You may have noticed that U.S. foreclosure inventory has been steadily declining since the real estate market blew up in 2007. That might seem like good news for the economy, but foreclosures are actually lurking as bad assets on spread sheets, inside hedge funds, and tucked inside files of banks across America.
For example: CoreLogic’s October 2015 National Foreclosure Report reported inventory went down by 21.5 percent compared with the same period in 2014. The number of completed foreclosures in October 2015 was down 68.2 percent from a peak of 117,543 in September of 2010.

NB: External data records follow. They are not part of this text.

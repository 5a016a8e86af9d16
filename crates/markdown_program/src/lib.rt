//! The program, over any reader and writer: the words that it is given, what it finds in a content, and the printed lines of events.
#![tactic(auto)]

pub mod lines;
pub mod program;
pub mod words;
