//! The names of passes, and the passes of inline content by their names.

pub use markdown_event::resolve::ResolveName;
pub use markdown_run::resolve::call;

The numbers are measured as the share of all homes at some stage in the foreclosure process, according to the Irvine, Calif.-based company. Fewer foreclosures are good for the economy, and good for neighborhoods. Plus, according their Chief Economist and Senior Vice President, Frank Northaft, “The national unemployment rate declined to 5.0 percent in October, the lowest since December 2007, and the CoreLogic national Home Price Index has risen 37.0 percent from its trough.”
Not So Fast
No doubt, it’s good news that joblessness has declined, but there’s still a gigantic market of bad assets being processed around the country. As of December 2014, there was a total of $147 billion in non performing assets with Freddie Mac and Fannie Mae. Rather than foreclosing, which is an expensive and time consuming process, banks and hedge funds sold off pools of these assets to the tune of $11 billion in 2015.
That means there are $137 billion in bad assets remaining. These pools continue to be sold and we expect to be dealing in bad assets for the next 5 to 7 years conservatively.
That’s good news for us at Vineyard Funding Capital Group, as we expect to be buying these mortgages at a discount for the next few years and more. That allows us to work directly with the borrower, who never got an opportunity to work out a reasonable payment plan or develop a loan modification.
Personally, I look forward to being able to modify loans wherever we can, especially since other work-out strategies have been temporary. That’s the real good news for the economy, and the real people behind these mortgages.